You are given the sample mean and the population standard deviation. Use this information to construct the $90 \%$ and $95 \%$ confidence intervals for the population mean. Interpret the results and compare the widths of the confidence intervals. If convenient, use technology to construct the confidence intervals.
A random sample of 45 home theater systems has a mean price of $\$ 139.00$. Assume the population standard deviation is $\$ 15.10$.
Construct a $90 \%$ confidence interval for the population mean.
The $90 \%$ confidence interval is
(Round to two decimal places as needed.)

Step 1 ：We are given the sample mean (\(\bar{x}\)) as $139.00, the population standard deviation (\(\sigma\)) as $15.10, and the sample size (\(n\)) as 45. We are asked to construct a $90\%$ confidence interval for the population mean.

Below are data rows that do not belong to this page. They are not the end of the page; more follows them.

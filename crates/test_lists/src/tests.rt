use super::*;
use std::test::Fail;
use test_crafts::FOUR_STEPS;

// How many lists a plain program finds, from the start and after Veneration.
#[test]
fn lists_all(rt: HostRuntime) -> Result<(), Fail> {
    let alloc = rt.alloc();
    let from_start = [1, 7, 45, 143, 255, 298];
    let from_veneration = [1, 7, 23, 25, 11];
    let rows: [(&[Action], &[usize]); 2] = [
        (&[], &from_start),
        (&[Action::Veneration], &from_veneration),
    ];
    for (done, counts) in &rows {
        let Some(from) = open_after(&FOUR_STEPS, *done) else {
            return Err("not open".into());
        };
        for (n, &count) in counts.iter().enumerate() {
            assert_eq!(rt;
                all_lists(alloc, &FOUR_STEPS, &from, n as u32)?.len(),
                count
            );
        }
    }
    Ok(())
}

#[test]
fn lists_in_action_order(rt: HostRuntime) -> Result<(), Fail> {
    use Action::*;
    let Some(from) = open_after(&FOUR_STEPS, &[Veneration, Innovation]) else {
        return Err("not open".into());
    };
    let lists = all_lists(rt.alloc(), &FOUR_STEPS, &from, 2)?;
    let expected = [
        ([BasicTouch, BasicSynthesis], 6),
        ([Observe, BasicSynthesis], 6),
        ([Observe, Observe], 6),
        ([Veneration, BasicSynthesis], 5),
        ([Innovation, BasicSynthesis], 5),
    ];
    assert_eq!(rt; lists.len(), expected.len());
    for (listed, (actions, seconds)) in lists.iter().zip(&expected) {
        assert!(rt; listed.actions.as_slice() == actions.as_slice() && listed.seconds == *seconds);
    }
    Ok(())
}

#[test]
fn tells_open_states(rt: HostRuntime) -> Result<(), Fail> {
    use Action::*;
    assert!(rt; open_after(&FOUR_STEPS, &[Veneration, BasicSynthesis]).is_none());
    assert!(rt; open_after(&FOUR_STEPS, &[MuscleMemory]).is_none());
    assert_eq!(rt;
        open_after(&FOUR_STEPS, &[Veneration]).map(|s| s.cp),
        Some(36)
    );
    Ok(())
}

Step 2 ：The formula for a confidence interval is \(\bar{x} \pm Z \frac{\sigma}{\sqrt{n}}\), where \(Z\) is the Z-score which corresponds to the desired confidence level.

Step 3 ：The Z-score for a $90\%$ confidence interval is approximately $1.645$. This value can be found in a standard Z-table or using a calculator.

Step 4 ：Substituting these values into the formula, we get \(139.00 \pm 1.645 \frac{15.10}{\sqrt{45}}\).

Step 5 ：Calculating the margin of error, we get approximately $3.70.

Step 6 ：Subtracting and adding this margin of error from the sample mean, we get the confidence interval as approximately \((135.30, 142.70)\).

Step 7 ：Final Answer: The $90\%$ confidence interval for the population mean is \(\boxed{(135.30, 142.70)}\). This means we are $90\%$ confident that the true population mean lies within this interval.